Another set of interesting findings comes from a population perhaps the least likely to experience cardiovascular illness: infants. Term infants treated with varying amounts of DHA in their formulas for 12 months show that DHA supplementation reduces heart rate compared to infants whose formula does not contain DHA, with no evidence of a dose response (Pivik et al., 2009
; Colombo et al., 2011
). These data are noteworthy in that they reinforce the non-specific impact of fish oil on heart rate, and suggest that almost any cohort may benefit from fish oil in this manner.
Finally, Harris and colleagues performed a small prospective study that provides a valuable indication of which mechanisms are likely to underlie the omega-3 fatty acid-driven reduction in heart rate. The group enrolled heart transplant patients, ensuring that their transplants had occurred more than three months prior and there had been no transplant-related hospitalizations (Harris et al., 2006
). The revealing aspect of this study is that transplanted hearts are functionally denervated of the vagal nerve, and thus devoid of sympathetic and parasympathetic inputs. The patients were randomly assigned to receive either a corn oil placebo or EPA/DHA for 4–6 months, and at the end of the study the patients in the omega-3 fatty acid group had heart rates on average 5.4 bpm lower than baseline, whereas the corn oil group showed no change (Harris et al., 2006
). These findings suggest that omega-3 fatty acids impact heart rate at the level of the myocardium itself, and are in particular consistent with the idea that the voltage-gated ion channels that control the pacemaker currents in the heart are influenced by omega-3 fatty acids.
Similar reductions in heart rate due to omega-3 fatty acids have been observed in animals. In a rat model, animals fed a DHA-enriched diet had lower heart rates than animals fed a control diet, a pattern that was achieved by 2 months and maintained until the end of the 32-week study (Ayalew-Pervanchon et al., 2007
). In a hyperinsulinemic model, rats fed a diet containing DHA showed lower heart rates and a shortened QT interval as compared to rats fed and EPA-rich diet (Rousseau et al., 2003
). Similarly, in rabbits fed a diet enriched with 2.5% (w/w) fish oil for three weeks, sinus cycle length and heart rate were reduced compared to animals fed a 2.5% oleic sunflower oil for the same period of time (Verkerk et al., 2009
).
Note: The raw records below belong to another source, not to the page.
//! The frames of the kernel in the call chain of a sample, and the names of its functions.
ghost use Rattle.std.specs.Prelude.{ℕ, ◌≡◌, ◌++◌, ◌∷◌, ◌==◌, if◌then◌else◌, map, codes, Some, None, option_map, IfOk, OnOk};
ghost use Rattle.std.specs.List.{flat_map};
ghost use Rattle.framehop_core.specs.CodeAddress.{location_of, address_of};
ghost use Rattle.framehop_frames.specs.Line.{frames_text, hexadecimal};
ghost use Rattle.framehop_recording.specs.Chain.{kernel_part};
ghost use Rattle.framehop_recording.specs.Sample.{read_chain_view};
ghost use Rattle.framehop_perf_stacks.specs.Chain.{name_from, chain_locations, function_at, label_by, kernel_label, place_by, kernel_line, kernel_text, kernel_lines};

use crate::chain::chain_locations;
use crate::run::Options;
use framehop_core::code_address::FrameAddress;
use framehop_frames::line::push_name;
use framehop_recording::chain::kernel_part;
use framehop_recording::error::RecordingError;
use framehop_recording::sample::CallChain;
use std::alloc::{AllocError, Global};
use std::collections::BTreeMap;

/// The names of the kernel's functions.
#[derive(Drop)]
pub struct KernelNames {
    /// By where they start (AVMA).
    pub by_start: BTreeMap<u64, Vec<u8>>,
}

/// A function of the kernel.
#[derive(Clone, Copy, Drop)]
pub struct KernelFunction<'a> {
    /// Where it starts (AVMA).
    pub start: u64,
    /// Its name.
    pub name: &'a [u8],
}

impl KernelNames {
    /// Returns no names.
    pub fn new(alloc: Global) -> Self
        ensures { (start : ℕ) → name_from result.by_start start ≡ None }
    {
        KernelNames {
            by_start: BTreeMap::new(alloc),
        }
    }

    /// Gives a function its name, in the place of one that starts where it does.
    pub fn add(&mut self, alloc: Global, function: KernelFunction<'_>) -> Result<(), AllocError>
        ensures { OnOk result ((start : ℕ) → name_from self.new.by_start start
            ≡ (if function.entry.start == start then Some function.entry.name.now else name_from self.old.by_start start)) }
    {
        let name = Vec::from_slice(alloc, function.name)?;
        self.by_start.insert(function.start, name)?;
        Ok(())
    }

    /// Returns the function of an address: of those that start at or before it the last.
    #[tactic(auto, unfolding(crate::specs::Chain::function_at))]
    pub fn function_at(&self, address: u64) -> Option<KernelFunction<'_>>
        ensures { option_map (λ function. (function.start, function.name.now)) result ≡ function_at self.now.by_start address }
    {
        let (start, name) = self.by_start.range(..=address).next_back()?;
        Some(KernelFunction {
            start: *start,
            name: name.as_slice(),
        })
    }

    /// Appends what frames of the kernel are called to a folded stack, from the outermost on, each after a `;`.
    fn push_labels(
        &self,
        alloc: Global,
        line: &mut Vec<u8>,
        frames: &[FrameAddress],
    ) -> Result<(), AllocError>
        ensures { OnOk result (line.new.items ≡ line.old.items ++ frames_text (λ frame. kernel_label self.now.by_start (location_of frame)) frames.now) }
    {
        for frame in frames.iter().rev() {
            line.push(b';')?;
            self.push_label(alloc, line, *frame)?;
        }
        Ok(())
    }

    /// Appends what a frame of the kernel is called.
    #[tactic(auto, unfolding(crate::specs::Chain::kernel_label))]
    fn push_label(
        &self,
        alloc: Global,
        line: &mut Vec<u8>,
        frame: FrameAddress,
    ) -> Result<(), AllocError>
        ensures { OnOk result (line.new.items ≡ line.old.items ++ kernel_label self.now.by_start (location_of frame)) }
    {
        match self.function_at(frame.address_for_lookup()) {
            Some(function) => push_name(line, function.name)?,
            None => push_hexadecimal(alloc, line, "0x", frame.address())?,
        }
        line.extend_from_slice(b"_[k]")?;
        Ok(())
    }

    /// Appends the lines of frames of the kernel to a block, from the innermost on.
    fn push_lines(
        &self,
        alloc: Global,
        block: &mut Vec<u8>,
        frames: &[FrameAddress],
    ) -> Result<(), AllocError>
        ensures { OnOk result (block.new.items ≡ block.old.items ++ flat_map (λ frame. kernel_line self.now.by_start (location_of frame)) frames.now) }
    {
        for frame in frames {
            self.push_line(alloc, block, *frame)?;
        }
        Ok(())
    }

    /// Appends the line of a frame of the kernel.
    #[tactic(auto, unfolding(crate::specs::Chain::kernel_line))]
    fn push_line(
        &self,
        alloc: Global,
        block: &mut Vec<u8>,
        frame: FrameAddress,
    ) -> Result<(), AllocError>
        ensures { OnOk result (block.new.items ≡ block.old.items ++ kernel_line self.now.by_start (location_of frame)) }
    {
        let address = frame.address();
        push_hexadecimal(alloc, block, "", address)?;
        block.push(b' ')?;
        let function = self.function_at(frame.address_for_lookup());
        push_place(alloc, block, function, address)?;
        block.extend_from_slice(b" ([kernel])\n")?;
        Ok(())
    }
}

/// Appends the name of a function and how far an address is behind its start, or that it is not known.
fn push_place(
    alloc: Global,
    block: &mut Vec<u8>,
    function: Option<KernelFunction<'_>>,
    address: u64,
) -> Result<(), AllocError>
    ensures { OnOk result (block.new.items ≡ block.old.items
        ++ place_by (option_map (λ known. (known.start, known.name.now)) function.entry) address) }
{
    match function {
        Some(function) => {
            push_name(block, function.name)?;
            let offset = address.saturating_sub(function.start);
            push_hexadecimal(alloc, block, "+0x", offset)?;
        }
        None => block.extend_from_slice(b"[unknown]")?,
    }
    Ok(())
}

/// Appends a number in hexadecimal after a text.
fn push_hexadecimal(
    alloc: Global,
    line: &mut Vec<u8>,
    before: &str,
    number: u64,
) -> Result<(), AllocError>
    ensures { OnOk result (line.new.items ≡ line.old.items ++ before.now ++ hexadecimal number) }
{
    line.extend_from_slice(before.as_bytes())?;
    let text = format!(in alloc; "{number:x}")?;
    line.extend_from_slice(text.as_bytes())?;
    Ok(())
}

/// Appends the frames of the kernel in a call chain to a folded stack, where they are asked for and nothing is explained.
pub(crate) fn push_kernel_labels(
    alloc: Global,
    line: &mut Vec<u8>,
    options: Options<'_>,
    chain: Result<CallChain<'_>, RecordingError>,
) -> Result<(), AllocError>
    ensures { OnOk result (line.new.items ≡ line.old.items ++ kernel_text options.entry (read_chain_view chain.entry)) }
{
    let Some(names) = options.kernel else {
        return Ok(());
    };
    if options.explain {
        return Ok(());
    }
    let Ok(chain) = chain else {
        return Ok(());
    };
    let frames = kernel_frames(alloc, chain)?;
    names.push_labels(alloc, line, frames.as_slice())
}

/// Appends the lines of the frames of the kernel in a call chain to a block, where they are asked for and nothing is
/// explained.
pub(crate) fn push_kernel_lines(
    alloc: Global,
    block: &mut Vec<u8>,
    options: Options<'_>,
    chain: Result<CallChain<'_>, RecordingError>,
) -> Result<(), AllocError>
    ensures { OnOk result (block.new.items ≡ block.old.items ++ kernel_lines options.entry (read_chain_view chain.entry)) }
{
    let Some(names) = options.kernel else {
        return Ok(());
    };
    if options.explain {
        return Ok(());
    }
    let Ok(chain) = chain else {
        return Ok(());
    };
    let frames = kernel_frames(alloc, chain)?;
    names.push_lines(alloc, block, frames.as_slice())
}

/// Returns where the frames of the kernel in a call chain are.
fn kernel_frames(alloc: Global, chain: CallChain<'_>) -> Result<Vec<FrameAddress>, AllocError>
    ensures { IfOk result (λ frames. map location_of frames.items ≡ chain_locations (kernel_part chain.entry.bytes.now)) }
{
    let part = kernel_part(alloc, chain)?;
    chain_locations(alloc, part.as_slice())
}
A series of studies by Billman and colleagues has also provided important information about omega-3 fatty acids and heart function. Omega-3 fatty acid infusions into 13 intact, conscious, exercising dogs highly susceptible to ischemia-induced ventricular fibrillation were able to prevent ventricular fibrillation in 10 of the 13 dogs tested. The antiarrhythmic effect was associated with slowing of the heart rate, shortening of the QT interval, reduction of the left ventricular systolic pressure, and prolongation of the electrocardiographic atrial-ventricular conduction time (PR interval) (Billman et al., 1997
). Additional work showed that dietary omega-3 supplementation reduces resting heart rate and increases heart rate variability in dogs with previous but healed myocardial infarction, as well as in dogs that are either susceptible or resistant to ventricular fibrillation (Billman and Harris, 2011
; Billman, 2012
). Moreover, these reductions in baseline heart rate were maintained during challenges (i.e., exercise or acute myocardial ischemia), but omega-3 did not alter the amount of change induced by challenge; these findings are consistent with the idea that omega-3 supplementation impacts intrinsic heart rate rather than autonomic regulation of the heart. Interestingly, there is also evidence that under certain conditions omega-3 may actually be pro-arrhythmic by reducing myocyte excitability during acute regional ischemia (Coronel et al., 2007
Overall, it is apparent that a wide range of human and animal subjects, with or without cardiac disease, all respond to omega-3 fatty acid supplementation with reductions in resting and stress-induced heart rates. These findings suggest a highly consistent and robust effect of omega-3 fatty acids on heart rate.